Equally powerful however, are the voices that focus on the benign dimension of what we have called the impulse to surrender and passivity, together with the fears and resistances it carries with it. Let us recall that the so called basic rule of analysis, the one that advocates mutual free association and evenly hovering attention, is nothing other than an invitation to a deep surrender, an invitation to a beguilement by one’s own psyche. Danielle Quinodoz writes that it is incumbent upon the analyst to be ….wise enough to dare to be mad…(Quinodoz, 2001). Lena Ehrlich (Ehrlich, 2004) suggests that amongst the analyst’s resistances to commence analysis that s/he has to struggle with, a prominent place is taken by fear of one’s own [inevitable] regression. Bion insists (by quoting the poet Keats) that the analytic stance requires the letting in of a state of toleration of uncertainties, mysteries, doubts etc., without any undue reaching after fact and reason.
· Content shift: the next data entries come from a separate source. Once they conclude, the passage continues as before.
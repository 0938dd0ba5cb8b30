// The fifties: the tally of each file's rules, and the first break of a delivery.
//
// A rule's function only looks up and marks: the columns that several rules read, the keys of the vertices, the ids of the nodes, and X and
// Y of both, are filled once, and all room is lent, so that a small delivery takes little of it.
ghost use Rattle.std.specs.Prelude.{◌≡◌, map, ◌≤◌, ◌<◌, length, get_or};
ghost use Rattle.record.specs.Table.{limit};
ghost use Rattle.record.specs.Files.{files_of, delivery_of};
ghost use Rattle.record.specs.Says.{table_of};
ghost use Rattle.keys.specs.machinery.Groups.{at_file};
ghost use Rattle.fifties.specs.machinery.Cells.{fifty_tally, fifty_tallies};
ghost use Rattle.topology.specs.Rules.{reasons_at};
ghost use Rattle.fifties.specs.machinery.Findings.{topology_in, topology_finding};

use crate::lines::tally_lines;
use crate::nodes::tally_in_hand;
use crate::room::Room;
use index::marks::clear;
use index::tally::Tally;
use index::way::Lookup;
use index::{FEW_HINTS, HINTS};
use keys::group::tally_of;
use keys::over::first_of_files;
use record::check::break_of;
use record::files::{all_few, file_of};
use record::fill::fill_names;
use record::kind::{FEW, FILES, Kind, LIMIT};
use record::reason::{Break, Reason};
use topology::nodes::place_before;
use topology::places::Nodes;
use topology::spots::fill_positions;

// Each file's tally, in arrays for N records a file and tables for H hints. Once the tramos and the vertices are gone over, what the
// vertices' keys stood in is lent to the nodes.
fn tally_within<'a, const N: usize, const H: usize>(files: [&'a [u8]; FILES]) -> [Tally; FILES]
    requires within { (k : Kind) → (delivery_of (files_of (map (λ x. x.now) files)) k).count ≤ N }
    requires sizes { (N ≤ 16384) × (H ≤ 32768) }
    ensures { result ≡ fifty_tallies (delivery_of (files_of (map (λ x. x.now) files.entry))) }
{
    let mut keys = [0u64; N];
    let mut key_hints = [0u16; H];
    let mut key_order = [0usize; N];
    let mut ids = [0u64; N];
    let mut id_hints = [0u16; H];
    let mut id_order = [0usize; N];
    let mut nx = [0u64; N];
    let mut ny = [0u64; N];
    let mut room = Room::<N, H>::new();
    let nodo = file_of(files, Kind::Nodo);
    let m = fill_names(nodo, Kind::Nodo, 1, &mut ids);
    let by = Lookup::prepare(&ids, m, &mut id_hints, &mut id_order);
    fill_positions(nodo, Kind::Nodo, N, &mut nx, &mut ny);
    clear(&mut room.named, m);
    let nodes = Nodes {
        file: nodo,
        ids: by,
        xs: &nx,
        ys: &ny,
    };
    let lines = tally_lines(
        files,
        &nodes,
        &mut keys,
        &mut key_hints,
        &mut key_order,
        &mut room,
    );
    tally_in_hand(
        files,
        lines.tramos,
        lines.vertices,
        &nodes,
        &mut keys,
        &mut key_hints,
        &mut key_order,
        &mut room,
    )
}

// The tally of the fifties in each file: the first break and how many there are.
pub fn tally_topology<'a>(files: [&'a [u8]; FILES]) -> [Tally; FILES]
    ensures { result ≡ fifty_tallies (delivery_of (files_of (map (λ x. x.now) files.entry))) }
{
    if all_few(files) {
        tally_within::<FEW, FEW_HINTS>(files)
    } else {
        tally_within::<LIMIT, HINTS>(files)
    }
}

// The reason 50 + u with its data, for record i; only a node's has any. u is a number, as it stands in a tally's cell and counts the rules
// of a ten (`reasons_at`, topology/specs/Rules.antt).
fn reason_in(u: usize, i: usize, nodo: &[u8]) -> Reason
    requires { i < limit }
    ensures { result ≡ get_or (reasons_at (table_of nodo.now Kind.Nodo) i) u Reason.LongFile10 }
{
    match u {
        0 => Reason::OrderGap50,
        1 => Reason::OrderAlone51,
        2 => Reason::StartElsewhere52,
        3 => Reason::EndElsewhere53,
        4 => Reason::SamePlace54(place_before(nodo, i).unwrap_or(0) + 1),
        5 => Reason::PointElsewhere55,
        6 => Reason::IdleNode56,
        7 => Reason::IdleObject57,
        8 => Reason::NodeType58,
        9 => Reason::NoLastVertex59,
        _ => Reason::LongFile10,
    }
}

// The first break of the fifties in file k, by its tally.
fn check_file<'a>(k: Kind, t: Tally, files: [&'a [u8]; FILES]) -> Result<(), Break>
    requires { t ≡ fifty_tally (delivery_of (files_of (map (λ x. x.now) files))) k }
    ensures { result ≡ topology_in (delivery_of (files_of (map (λ x. x.now) files.entry))) k }
{
    match t.first {
        None => Ok(()),
        Some(first) => {
            let i = first.at;
            let f = first.cell / 10;
            let u = first.cell % 10;
            let reason = reason_in(u, i, file_of(files, Kind::Nodo));
            Err(break_of(reason, k, i + 1, f))
        }
    }
}

// The first break of the fifties in a delivery.
pub fn check_topology<'a>(files: [&'a [u8]; FILES]) -> Result<(), Break>
    ensures { result ≡ topology_finding (delivery_of (files_of (map (λ x. x.now) files.entry))) }
{
    let tallies = tally_topology(files);
    first_of_files(
        |k| -> Result<(), Break>
            requires { tallies ≡ fifty_tallies (delivery_of (files_of (map (λ x. x.now) files))) }
            ensures { result ≡ topology_in (delivery_of (files_of (map (λ x. x.now) files.entry))) k }
        { check_file(k, tally_of(tallies, k), files) },
    )
}
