// Room that the rules' functions are lent: columns and marks for N records of a file, and a table for H hints.
ghost use Rattle.std.specs.Prelude.{◌≡◌, ◌≤◌, length};

#[derive(Drop)]
pub(crate) struct Room<const N: usize, const H: usize> {
    pub a: [u64; N],
    pub b: [u64; N],
    pub c: [u64; N],
    pub d: [u64; N],
    pub e: [u64; N],
    pub hints: [u16; H],
    pub order: [usize; N],
    pub named: [u8; N],
    pub tips: [u8; N],
    pub marks: [u8; N],
    ghost sizes: { (N ≤ 16384) × (H ≤ 32768) },
    ghost long: { (length a ≡ N) × (length b ≡ N) × (length c ≡ N) × (length d ≡ N) × (length e ≡ N) × (length order ≡ N) × (length named ≡ N) × (length tips ≡ N) × (length marks ≡ N) },
}

impl<const N: usize, const H: usize> Room<N, H> {
    // With nothing in it.
    pub(crate) fn new() -> Self
        requires { (N ≤ 16384) × (H ≤ 32768) }
    {
        Room {
            a: [0u64; N],
            b: [0u64; N],
            c: [0u64; N],
            d: [0u64; N],
            e: [0u64; N],
            hints: [0u16; H],
            order: [0usize; N],
            named: [0u8; N],
            tips: [0u8; N],
            marks: [0u8; N],
        }
    }
}
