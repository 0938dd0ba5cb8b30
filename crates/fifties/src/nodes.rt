// The tallies of the point objects, the linear objects and the nodes: 54 to 58.
ghost use Rattle.std.specs.Prelude.{◌≡◌, map, ◌≤◌, ◌<◌, length};
ghost use Rattle.laws.specs.Find.{names};
ghost use Rattle.record.specs.Files.{files_of, delivery_of};
ghost use Rattle.record.specs.Names.{name_at};
ghost use Rattle.record.specs.Table.{limit};
ghost use Rattle.fifties.specs.machinery.Cells.{fifty_tally, fifty_tallies};
ghost use Rattle.topology.specs.Rules.{ends_tramo};
ghost use Rattle.topology.specs.machinery.Nodes.{Tips};
ghost use Rattle.topology.specs.machinery.Used.{Named, Counted};

use crate::room::Room;
use index::marks::clear;
use index::tally::{Tally, no_tally, with_marks};
use index::way::Lookup;
use record::files::file_of;
use record::fill::fill_names;
use record::kind::{FILES, Kind, LIMIT};
use topology::ends::mark_astray;
use topology::nodes::mark_idle_objects;
use topology::places::Nodes;
use topology::sorts::mark_nodes;
use topology::spots::{fill_positions, mark_same_place};

// 55, of the point objects, with the nodes in hand and room for what they name, where they lie and how often nodes are named.
fn tally_points<'a>(
    files: [&'a [u8]; FILES],
    nodes: &Nodes<'_, '_>,
    most: usize,
    wanted: &mut [u64],
    xs: &mut [u64],
    ys: &mut [u64],
    counts: &mut [u8],
    marks: &mut [u8],
) -> Tally
    requires { (nodes.now.file.now ≡ files_of (map (λ x. x.now) files) Kind.Nodo) × ((delivery_of (files_of (map (λ x. x.now) files)) Kind.ObPun).count ≤ most) × (most ≤ length wanted.old) × (most ≤ length xs.old) × (most ≤ length ys.old) × (most ≤ length marks.old) × (nodes.now.ids.n ≤ length counts.old) }
    ensures value { result ≡ fifty_tally (delivery_of (files_of (map (λ x. x.now) files.entry))) Kind.ObPun }
    ensures counted { Counted nodes.now.ids.keys.now nodes.now.ids.order.now nodes.now.ids.hints.now nodes.now.ids.way.hinted nodes.now.ids.n counts.new (λ j. name_at Kind.ObPun (delivery_of (files_of (map (λ x. x.now) files.entry)) Kind.ObPun) j 3) (delivery_of (files_of (map (λ x. x.now) files.entry)) Kind.ObPun).count }
{
    let ob_pun = file_of(files, Kind::ObPun);
    let n = fill_names(ob_pun, Kind::ObPun, 3, wanted);
    fill_positions(ob_pun, Kind::ObPun, most, xs, ys);
    clear(counts, nodes.ids.n);
    mark_astray(wanted, xs, ys, n, nodes, counts, marks);
    with_marks(no_tally(), marks, n, 35)
}

// 57, of the linear objects, with room for their ids and for what the tramos name.
fn tally_objects<'a>(
    files: [&'a [u8]; FILES],
    ids: &mut [u64],
    hints: &mut [u16],
    order: &mut [usize],
    refs: &mut [u64],
    used: &mut [u8],
    marks: &mut [u8],
) -> Tally
    requires { ((delivery_of (files_of (map (λ x. x.now) files)) Kind.ObLin).count ≤ length ids.old) × ((delivery_of (files_of (map (λ x. x.now) files)) Kind.ObLin).count ≤ length order.old) × ((delivery_of (files_of (map (λ x. x.now) files)) Kind.ObLin).count ≤ length used.old) × ((delivery_of (files_of (map (λ x. x.now) files)) Kind.ObLin).count ≤ length marks.old) × ((delivery_of (files_of (map (λ x. x.now) files)) Kind.Tramo).count ≤ length refs.old) }
    ensures { result ≡ fifty_tally (delivery_of (files_of (map (λ x. x.now) files.entry))) Kind.ObLin }
{
    let ob_lin = file_of(files, Kind::ObLin);
    let tramo = file_of(files, Kind::Tramo);
    let n = fill_names(ob_lin, Kind::ObLin, 1, ids);
    let by = Lookup::prepare(ids, n, hints, order);
    mark_idle_objects(tramo, ob_lin, &by, refs, used, marks);
    with_marks(no_tally(), marks, n, 7)
}

// 54, 56 and 58, of the nodes, with their ids, which of them start or end a tramo, how often they are named and which vertices are a line's first
// or last in hand and room for places and marks.
fn tally_nodes<'a>(
    files: [&'a [u8]; FILES],
    nodes: &Nodes<'_, '_>,
    most: usize,
    named: &[u8],
    counts: &[u8],
    tips: &[u8],
    xs: &mut [u64],
    ys: &mut [u64],
    hints: &mut [u16],
    order: &mut [usize],
    zs: &mut [u64],
    spots: &mut [u64],
    pairs: &mut [u64],
    pair_hints: &mut [u16],
    pair_order: &mut [usize],
    used: &mut [u8],
    marks: &mut [u8],
) -> Tally
    requires { (nodes.now.file.now ≡ files_of (map (λ x. x.now) files) Kind.Nodo) × ((k : Kind) → (delivery_of (files_of (map (λ x. x.now) files)) k).count ≤ most) × (most ≤ limit) × Named nodes.now.ids.keys.now nodes.now.ids.order.now nodes.now.ids.hints.now nodes.now.ids.way.hinted nodes.now.ids.n named.now (ends_tramo (delivery_of (files_of (map (λ x. x.now) files)) Kind.Tramo)) × Counted nodes.now.ids.keys.now nodes.now.ids.order.now nodes.now.ids.hints.now nodes.now.ids.way.hinted nodes.now.ids.n counts.now (λ j. name_at Kind.ObPun (delivery_of (files_of (map (λ x. x.now) files)) Kind.ObPun) j 3) (delivery_of (files_of (map (λ x. x.now) files)) Kind.ObPun).count × Tips tips.now (delivery_of (files_of (map (λ x. x.now) files)) Kind.Vertice) × (most ≤ length xs.old) × (most ≤ length ys.old) × (most ≤ length order.old) × (most ≤ length zs.old) × (most ≤ length spots.old) × (most ≤ length pairs.old) × (most ≤ length pair_order.old) × (most ≤ length used.old) × (most ≤ length marks.old) }
    ensures { result ≡ fifty_tally (delivery_of (files_of (map (λ x. x.now) files.entry))) Kind.Nodo }
{
    let ob_pun = file_of(files, Kind::ObPun);
    let tramo = file_of(files, Kind::Tramo);
    let vertice = file_of(files, Kind::Vertice);
    let m = nodes.ids.n;
    mark_same_place(
        nodes.file, nodes.xs, nodes.ys, m, zs, spots, hints, order, pairs, marks,
    );
    let t = with_marks(no_tally(), marks, m, 4);
    let mut odd = [0u8; LIMIT];
    mark_nodes(
        ob_pun, tramo, vertice, nodes, named, counts, tips, most, xs, ys, hints, order, pairs,
        pair_hints, pair_order, zs, used, marks, &mut odd,
    );
    let idle = with_marks(t, marks, m, 6);
    with_marks(idle, &odd, m, 28)
}

// Each file's tally, with those of the tramos and the vertices and the nodes in hand. No rule of the fifties is read of CATALOGO, OB_TEX and
// OB_COMP. (Its two arrays stay out of its callers' frames: of a file that is too big the programs take no room for them.)
#[inline(never)]
pub(crate) fn tally_in_hand<'a, const N: usize, const H: usize>(
    files: [&'a [u8]; FILES],
    tramos: Tally,
    vertices: Tally,
    nodes: &Nodes<'_, '_>,
    pairs: &mut [u64],
    pair_hints: &mut [u16],
    pair_order: &mut [usize],
    room: &mut Room<N, H>,
) -> [Tally; FILES]
    requires { (tramos ≡ fifty_tally (delivery_of (files_of (map (λ x. x.now) files))) Kind.Tramo) × (vertices ≡ fifty_tally (delivery_of (files_of (map (λ x. x.now) files))) Kind.Vertice) × (nodes.now.file.now ≡ files_of (map (λ x. x.now) files) Kind.Nodo) × ((k : Kind) → (delivery_of (files_of (map (λ x. x.now) files)) k).count ≤ N) × (N ≤ length pairs.old) × (N ≤ length pair_order.old) × Named nodes.now.ids.keys.now nodes.now.ids.order.now nodes.now.ids.hints.now nodes.now.ids.way.hinted nodes.now.ids.n room.old.named (ends_tramo (delivery_of (files_of (map (λ x. x.now) files)) Kind.Tramo)) × Tips room.old.tips (delivery_of (files_of (map (λ x. x.now) files)) Kind.Vertice) }
    ensures { result ≡ fifty_tallies (delivery_of (files_of (map (λ x. x.now) files.entry))) }
{
    let mut counts = [0u8; LIMIT];
    let mut used = [0u8; LIMIT];
    let points = tally_points(
        files,
        nodes,
        N,
        &mut room.a,
        &mut room.b,
        &mut room.c,
        &mut counts,
        &mut room.marks,
    );
    let objects = tally_objects(
        files,
        &mut room.a,
        &mut room.hints,
        &mut room.order,
        &mut room.b,
        &mut used,
        &mut room.marks,
    );
    let nodes_tally = tally_nodes(
        files,
        nodes,
        N,
        &room.named,
        &counts,
        &room.tips,
        &mut room.a,
        &mut room.b,
        &mut room.hints,
        &mut room.order,
        &mut room.c,
        &mut room.d,
        pairs,
        pair_hints,
        pair_order,
        &mut used,
        &mut room.marks,
    );
    [
        no_tally(),
        points,
        no_tally(),
        objects,
        tramos,
        vertices,
        nodes_tally,
        no_tally(),
    ]
}
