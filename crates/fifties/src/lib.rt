// The fifties as a group: the tally of each file's rules, and the first break of a delivery.
#![tactic(auto)]

pub mod group;
mod lines;
mod nodes;
mod room;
What they all try to highlight is the genuine, the spontaneous and creative that is bound to emerge if one were to place trust in a transitory suspension of vigilance, of rationality and of the active, i.e. if one were to lean on a beguiling questioning, an enthralling suspicion of the monopoly of the secondary process.
Analysand and analyst proceed in awe and in hope, as they commence on a pilgrimage that will swipe them off their feet, a journey that will enthrall them both. They both come endowed with a whole range of drives that they carry within themselves, and they are half aware that the route will bring them past Sirens, Circes, Laestrygones and Cyclops. Whether the journey will lead to its hoped for goal, whether it will turn out to be proper psychoanalysis or something else, is impossible for either of them to tell at this point. Part of the beguilement of this special journey is that meaning can only be arrived at après coup.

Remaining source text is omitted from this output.